Task statement: From the line with "#[derive(Debug, Drop)]" through the line with "(λ why. IsNotDeleted", repeat the entries verbatim, both end lines included, and add nothing.

Exercise materials:
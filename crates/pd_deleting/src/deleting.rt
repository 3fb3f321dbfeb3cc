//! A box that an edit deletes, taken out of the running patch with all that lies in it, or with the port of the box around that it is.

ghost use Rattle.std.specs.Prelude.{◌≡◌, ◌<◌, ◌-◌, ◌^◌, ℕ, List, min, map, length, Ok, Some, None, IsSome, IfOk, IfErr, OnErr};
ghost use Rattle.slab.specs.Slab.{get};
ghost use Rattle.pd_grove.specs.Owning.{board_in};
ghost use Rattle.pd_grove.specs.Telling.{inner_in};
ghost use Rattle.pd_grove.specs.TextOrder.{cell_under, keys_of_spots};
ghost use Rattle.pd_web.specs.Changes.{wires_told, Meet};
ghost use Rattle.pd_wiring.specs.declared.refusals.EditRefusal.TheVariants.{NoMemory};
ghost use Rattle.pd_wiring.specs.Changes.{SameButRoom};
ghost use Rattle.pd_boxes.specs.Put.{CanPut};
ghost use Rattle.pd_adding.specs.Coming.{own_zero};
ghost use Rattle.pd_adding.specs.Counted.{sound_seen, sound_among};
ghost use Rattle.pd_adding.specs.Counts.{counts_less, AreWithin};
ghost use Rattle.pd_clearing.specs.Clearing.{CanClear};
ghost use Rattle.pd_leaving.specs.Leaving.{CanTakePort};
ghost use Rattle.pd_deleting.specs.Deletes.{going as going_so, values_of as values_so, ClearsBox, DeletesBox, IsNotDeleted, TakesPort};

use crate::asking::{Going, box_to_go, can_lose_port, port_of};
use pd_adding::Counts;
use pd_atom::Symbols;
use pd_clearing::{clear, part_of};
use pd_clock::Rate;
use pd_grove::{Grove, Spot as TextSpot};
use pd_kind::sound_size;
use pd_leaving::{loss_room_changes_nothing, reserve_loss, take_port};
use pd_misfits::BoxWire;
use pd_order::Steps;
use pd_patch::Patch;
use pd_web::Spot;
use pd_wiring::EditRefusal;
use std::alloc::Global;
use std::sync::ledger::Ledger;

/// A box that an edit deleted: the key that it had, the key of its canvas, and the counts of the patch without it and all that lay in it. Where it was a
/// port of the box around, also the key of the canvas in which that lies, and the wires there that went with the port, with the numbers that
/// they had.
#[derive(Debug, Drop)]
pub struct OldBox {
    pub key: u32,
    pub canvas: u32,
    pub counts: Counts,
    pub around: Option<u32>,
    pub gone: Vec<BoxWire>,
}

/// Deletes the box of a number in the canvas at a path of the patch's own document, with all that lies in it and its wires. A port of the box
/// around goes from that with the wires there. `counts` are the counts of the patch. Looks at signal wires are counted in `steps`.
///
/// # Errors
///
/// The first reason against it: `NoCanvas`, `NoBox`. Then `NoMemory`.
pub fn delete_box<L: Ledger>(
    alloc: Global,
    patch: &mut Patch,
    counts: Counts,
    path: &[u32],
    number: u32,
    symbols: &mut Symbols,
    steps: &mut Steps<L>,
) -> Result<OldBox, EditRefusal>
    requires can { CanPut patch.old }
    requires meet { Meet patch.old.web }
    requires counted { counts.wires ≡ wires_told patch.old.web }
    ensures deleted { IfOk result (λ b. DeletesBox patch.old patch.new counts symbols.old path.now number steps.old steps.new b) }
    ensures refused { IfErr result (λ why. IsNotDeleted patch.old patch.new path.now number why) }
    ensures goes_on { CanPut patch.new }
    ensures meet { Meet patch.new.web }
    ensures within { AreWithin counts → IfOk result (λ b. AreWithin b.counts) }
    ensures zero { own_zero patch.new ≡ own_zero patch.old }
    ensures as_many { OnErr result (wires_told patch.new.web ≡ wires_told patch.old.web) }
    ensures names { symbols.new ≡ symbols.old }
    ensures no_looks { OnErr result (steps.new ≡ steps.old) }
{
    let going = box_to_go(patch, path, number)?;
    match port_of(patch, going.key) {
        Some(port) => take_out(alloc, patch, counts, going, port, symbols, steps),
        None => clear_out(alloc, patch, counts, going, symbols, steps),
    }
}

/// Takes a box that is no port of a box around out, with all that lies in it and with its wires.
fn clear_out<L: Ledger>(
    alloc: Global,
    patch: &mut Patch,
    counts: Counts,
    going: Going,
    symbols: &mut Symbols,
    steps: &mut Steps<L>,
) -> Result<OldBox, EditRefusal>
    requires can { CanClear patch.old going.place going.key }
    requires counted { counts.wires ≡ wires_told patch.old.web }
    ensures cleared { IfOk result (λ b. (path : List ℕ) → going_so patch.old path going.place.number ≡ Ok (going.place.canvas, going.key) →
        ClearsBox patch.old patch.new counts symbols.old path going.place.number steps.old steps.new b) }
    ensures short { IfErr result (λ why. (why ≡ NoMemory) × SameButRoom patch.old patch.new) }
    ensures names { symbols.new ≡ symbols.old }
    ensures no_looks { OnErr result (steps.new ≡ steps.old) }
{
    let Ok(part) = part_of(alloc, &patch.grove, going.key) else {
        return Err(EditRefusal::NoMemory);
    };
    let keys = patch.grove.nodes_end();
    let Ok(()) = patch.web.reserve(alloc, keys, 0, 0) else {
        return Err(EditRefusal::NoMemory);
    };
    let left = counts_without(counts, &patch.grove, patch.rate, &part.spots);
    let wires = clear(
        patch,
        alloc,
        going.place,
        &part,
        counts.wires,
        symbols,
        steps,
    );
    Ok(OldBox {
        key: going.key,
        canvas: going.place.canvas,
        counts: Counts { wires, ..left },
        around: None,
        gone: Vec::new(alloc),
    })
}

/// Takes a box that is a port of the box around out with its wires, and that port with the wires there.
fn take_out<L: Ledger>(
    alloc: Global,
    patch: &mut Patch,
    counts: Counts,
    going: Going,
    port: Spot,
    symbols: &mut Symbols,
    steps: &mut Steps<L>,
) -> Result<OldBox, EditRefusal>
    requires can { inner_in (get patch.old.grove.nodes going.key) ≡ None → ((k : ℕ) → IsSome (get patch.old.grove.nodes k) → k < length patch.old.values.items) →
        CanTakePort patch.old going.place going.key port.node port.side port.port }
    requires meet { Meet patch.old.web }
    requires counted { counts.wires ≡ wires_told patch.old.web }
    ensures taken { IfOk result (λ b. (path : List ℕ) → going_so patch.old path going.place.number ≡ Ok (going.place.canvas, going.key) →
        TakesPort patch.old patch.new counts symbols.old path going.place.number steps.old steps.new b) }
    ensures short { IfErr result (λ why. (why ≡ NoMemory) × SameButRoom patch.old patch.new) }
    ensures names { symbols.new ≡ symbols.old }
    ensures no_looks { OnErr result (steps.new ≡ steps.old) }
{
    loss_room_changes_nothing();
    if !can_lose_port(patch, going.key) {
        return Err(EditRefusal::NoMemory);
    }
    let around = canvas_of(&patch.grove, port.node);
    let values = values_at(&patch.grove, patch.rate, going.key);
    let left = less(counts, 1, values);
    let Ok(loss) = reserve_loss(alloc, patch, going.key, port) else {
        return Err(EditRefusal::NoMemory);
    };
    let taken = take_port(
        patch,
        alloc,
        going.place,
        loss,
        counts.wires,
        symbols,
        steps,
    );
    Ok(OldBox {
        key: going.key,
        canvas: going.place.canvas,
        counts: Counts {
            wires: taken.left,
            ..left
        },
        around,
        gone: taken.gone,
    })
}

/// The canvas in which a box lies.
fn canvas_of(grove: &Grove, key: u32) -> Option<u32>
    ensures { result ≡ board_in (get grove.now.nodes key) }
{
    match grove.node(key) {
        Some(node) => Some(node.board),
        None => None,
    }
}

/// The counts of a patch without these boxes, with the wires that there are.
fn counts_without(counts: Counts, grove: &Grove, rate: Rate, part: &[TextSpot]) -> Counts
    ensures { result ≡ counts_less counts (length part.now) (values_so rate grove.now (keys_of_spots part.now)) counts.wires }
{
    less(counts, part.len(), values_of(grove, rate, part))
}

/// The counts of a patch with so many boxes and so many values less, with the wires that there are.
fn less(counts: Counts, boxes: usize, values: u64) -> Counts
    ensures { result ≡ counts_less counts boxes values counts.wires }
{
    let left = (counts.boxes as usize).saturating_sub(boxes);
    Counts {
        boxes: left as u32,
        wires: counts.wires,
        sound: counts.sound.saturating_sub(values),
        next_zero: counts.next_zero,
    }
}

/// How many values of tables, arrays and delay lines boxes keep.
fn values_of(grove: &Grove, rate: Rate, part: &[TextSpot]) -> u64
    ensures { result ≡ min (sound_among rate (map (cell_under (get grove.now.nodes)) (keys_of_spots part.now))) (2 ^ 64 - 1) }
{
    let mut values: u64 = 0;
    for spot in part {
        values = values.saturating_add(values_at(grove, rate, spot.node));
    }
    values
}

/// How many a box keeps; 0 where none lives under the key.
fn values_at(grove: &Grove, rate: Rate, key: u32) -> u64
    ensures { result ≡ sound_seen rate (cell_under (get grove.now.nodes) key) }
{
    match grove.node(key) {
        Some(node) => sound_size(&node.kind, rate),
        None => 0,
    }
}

Task output:
#[derive(Debug, Drop)]
pub struct OldBox {
    pub key: u32,
    pub canvas: u32,
    pub counts: Counts,
    pub around: Option<u32>,
    pub gone: Vec<BoxWire>,
}

/// Deletes the box of a number in the canvas at a path of the patch's own document, with all that lies in it and its wires. A port of the box
/// around goes from that with the wires there. `counts` are the counts of the patch. Looks at signal wires are counted in `steps`.
///
/// # Errors
///
/// The first reason against it: `NoCanvas`, `NoBox`. Then `NoMemory`.
pub fn delete_box<L: Ledger>(
    alloc: Global,
    patch: &mut Patch,
    counts: Counts,
    path: &[u32],
    number: u32,
    symbols: &mut Symbols,
    steps: &mut Steps<L>,
) -> Result<OldBox, EditRefusal>
    requires can { CanPut patch.old }
    requires meet { Meet patch.old.web }
    requires counted { counts.wires ≡ wires_told patch.old.web }
    ensures deleted { IfOk result (λ b. DeletesBox patch.old patch.new counts symbols.old path.now number steps.old steps.new b) }
    ensures refused { IfErr result (λ why. IsNotDeleted patch.old patch.new path.now number why) }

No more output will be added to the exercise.